Review: A Perfect Ganesh (Eclipse Theatre)

  

Eclipse Theatre presents

  

A Perfect Ganesh

Review by Clint May 

An indictment of the culture found in Oprah’s fan favorite “Eat, Pray, Love” was released by Bitch magazine in 2010. Joshunda Sanders and Diana Barnes-Brown so perfectly sum up a genre they call ‘priv-lit’—a genre that Terrence McNally’s 1993 A Perfect Ganesh falls squarely into—that it’s a prerequisite to really understand the underlying discomfort one might feel upon viewing.

Review: A Perfect Ganesh (Eclipse Theatre)
In it, the author’s define the genre of ‘priv-lit’ as “literature or media whose expressed goal is one of spiritual, existential, or philosophical enlightenment contingent upon women’s hard work, commitment, and patience, but whose actual barriers to entry are primarily financial.”

A Perfect Ganesh concerns two wealthy women on a journey through India (the same location as the ‘Pray’ portion), seeking some kind of healing from deep psychic wounds and marital ennui. Priv-lit and the Western fetishization of Eastern thinking go hand in hand. Only one exchange in Ganesh speaks to this patronizing attitude when a remark about the ‘beauty’ of a carpet of the sleeping homeless of Bombay in the morning light is rebuked as probably *not* being seen as such by the people actually creating said vista.

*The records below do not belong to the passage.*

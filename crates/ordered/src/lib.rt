// Two saves compared by two cursors, each along an order of one scene's names. An order is a table: numbers in its first half,
// and from there on the nth of each number. Texts and tables may hold anything, and cursors may stand anywhere.
#![tactic(auto)]

ghost use Rattle.std.specs.Prelude.{◌≡◌, ◌/◌, drop, get_or, length};
ghost use Rattle.content.specs.Content.{same_content};
ghost use Rattle.keys.specs.Key.{same_key};
ghost use Rattle.scene.specs.Record.{field_in};
ghost use Rattle.ordered.specs.Lent.{lent};
ghost use Rattle.ordered.specs.Lines.{content_by, handed, key_by, lines_from, numbers_in};
ghost use Rattle.ordered.specs.Turn.{turn_told};
ghost use Rattle.ordered.specs.Turns.{order_of, turn_at, turn_of};

use comparison::{Line, Place, State};
use content::Scene;
use std::cmp::Ordering;
use table::{MODIFIER, TARGET};

// How far each order is walked.
#[derive(Clone, Copy, PartialEq, Eq, Debug)]
pub struct Cursors {
    pub left: usize,
    pub right: usize,
}

// The next line, and where to go on behind it.
#[derive(Clone, Copy, PartialEq, Eq, Debug)]
pub struct NextLine {
    pub cursors: Cursors,
    pub line: Line,
}

// What the first of two orders come to: a number with its nth has a line, or both are the same.
#[derive(Clone, Copy)]
enum Turn {
    Left(usize, usize),
    Right(usize, usize),
    Changed(usize, usize),
    Same,
}

// A scene as it is lent, with an order of its names.
#[derive(Clone, Copy)]
pub struct OrderedScene<'a> {
    pub scene: Scene<'a>,
    pub order: &'a [u32],
}

impl<'a> OrderedScene<'a> {
    // The name in the key of a number.
    fn key_name(self, n: usize) -> &'a [u8]
        ensures { result.now ≡ (key_by (lent self.entry) n).name }
    {
        keys::key_name(self.scene.text, self.scene.records, n)
    }

    // How many numbers the order has.
    fn count(self) -> usize
        ensures { result ≡ length self.entry.order.now / 2 }
    {
        self.order.len() / 2
    }

    // The number at a place of the order; 0 where it has none, as number 0 is no record's.
    fn number_at(self, i: usize) -> usize
        ensures { result ≡ get_or self.entry.order.now i 0 }
    {
        self.order.get(i).copied().unwrap_or(0) as usize
    }

    // The nth of a number, as the order has it; 0 where it has none (`nth_in`).
    fn nth_of(self, n: usize) -> usize
        ensures { result ≡ (key_by (lent self.entry) n).nth }
    {
        if n == 0 {
            return 0;
        }
        let entry = self.order[self.count()..].get(n - 1);
        entry.copied().unwrap_or(0) as usize
    }
}

// Which goes first: number m of the left scene or number n of the right one.
fn order_of(left: OrderedScene<'_>, m: usize, right: OrderedScene<'_>, n: usize) -> Ordering
    ensures { result ≡ order_of (key_by (lent left.entry) m) (key_by (lent right.entry) n) }
{
    let a = left.key_name(m);
    let b = right.key_name(n);
    if keys::lower(a, b) {
        return Ordering::Less;
    }
    if keys::lower(b, a) {
        return Ordering::Greater;
    }
    let i = left.nth_of(m);
    let j = right.nth_of(n);
    i.cmp(&j)
}

// Whether link k of number m in the left scene and of number n in the right one leads to the same key.
fn same_link(left: OrderedScene<'_>, m: usize, right: OrderedScene<'_>, n: usize, k: usize) -> bool
    ensures { result ≡ same_key (key_by (lent left.entry) (field_in left.entry.scene.records.now m k)) (key_by (lent right.entry) (field_in right.entry.scene.records.now n k)) }
{
    let i = left.scene.number(m, k);
    let j = right.scene.number(n, k);
    if left.nth_of(i) != right.nth_of(j) {
        return false;
    }
    lexer::same(left.key_name(i), right.key_name(j))
}

// Whether both have the same content.
fn same_content(left: OrderedScene<'_>, m: usize, right: OrderedScene<'_>, n: usize) -> bool
    ensures { result ≡ same_content (content_by (lent left.entry) m) (content_by (lent right.entry) n) }
{
    content::same_reals(left.scene, m, right.scene, n)
        && content::same_but_links(left.scene, m, right.scene, n)
        && same_link(left, m, right, n, TARGET)
        && same_link(left, m, right, n, MODIFIER)
}

// What number m of the left scene and number n of the right one come to.
fn turn_of(left: OrderedScene<'_>, m: usize, right: OrderedScene<'_>, n: usize) -> Turn
    ensures { turn_told (Some result) ≡ turn_of (lent left.entry) (lent right.entry) m n }
{
    match order_of(left, m, right, n) {
        Ordering::Less => Turn::Left(m, left.nth_of(m)),
        Ordering::Greater => Turn::Right(n, right.nth_of(n)),
        Ordering::Equal => {
            if same_content(left, m, right, n) {
                return Turn::Same;
            }
            Turn::Changed(m, left.nth_of(m))
        }
    }
}

// What the first of both orders come to, from cursor i and cursor j on.
fn turn_at(left: OrderedScene<'_>, i: usize, right: OrderedScene<'_>, j: usize) -> Option<Turn>
    ensures { turn_told result ≡ turn_at (lent left.entry) (lent right.entry) (drop i (numbers_in left.entry.order.now)) (drop j (numbers_in right.entry.order.now)) }
{
    let m = left.number_at(i);
    let n = right.number_at(j);
    if left.count() <= i {
        if right.count() <= j {
            return None;
        }
        return Some(Turn::Right(n, right.nth_of(n)));
    }
    if right.count() <= j {
        return Some(Turn::Left(m, left.nth_of(m)));
    }
    Some(turn_of(left, m, right, n))
}

// The next line from two cursors on: keys that are the same in both scenes have none.
pub fn next_line(left: OrderedScene<'_>, right: OrderedScene<'_>, from: Cursors) -> Option<NextLine>
    ensures { handed (lent left.entry) (lent right.entry) result ≡ lines_from (lent left.entry) (lent right.entry) from }
{
    // Counted by hand: two cursors move through two orders, and no one iterator has both.
    let mut i = from.left;
    let mut j = from.right;
    loop {
        let (cursors, place, nth, state) = match turn_at(left, i, right, j)? {
            Turn::Left(m, nth) => ((i + 1, j), Place::Left(m), nth, State::OnlyLeft),
            Turn::Right(n, nth) => ((i, j + 1), Place::Right(n), nth, State::OnlyRight),
            Turn::Changed(m, nth) => ((i + 1, j + 1), Place::Left(m), nth, State::Changed),
            Turn::Same => {
                i += 1;
                j += 1;
                continue;
            }
        };
        return Some(NextLine {
            cursors: Cursors {
                left: cursors.0,
                right: cursors.1,
            },
            line: Line { place, nth, state },
        });
    }
}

Three years after her son was brutally beaten to death by six African Americans for being gay, Katherine (Jeannie Affelder) is tired of endless resort vacations and wants to get grittier by going to India with best pal Margaret (Elaine Carlson). There she believes she will find a measure of peace about her non-acceptance of her son’s homosexuality and not being there when he died. Perhaps she will finally work up the courage to kiss a leper, a dream she has oddly had since she was a young woman.

Ganesh himself (Michael Allen Harris) figures prominently in the women’s journey as the god of overcoming obstacles. He becomes many of the strangers* the women encounter in their journey, offering tidy insight into their emotional needs in these guises. Several men (Phil Higgins), including a gay man with her son’s name as his middle (who just so happens to also be on retreat for health reasons) walk into and out of the lady’s lives. Even the deceased son himself returns to commune with his mother.

Review: A Perfect Ganesh (Eclipse Theatre)
Review: A Perfect Ganesh (Eclipse Theatre)
 
Review: A Perfect Ganesh (Eclipse Theatre)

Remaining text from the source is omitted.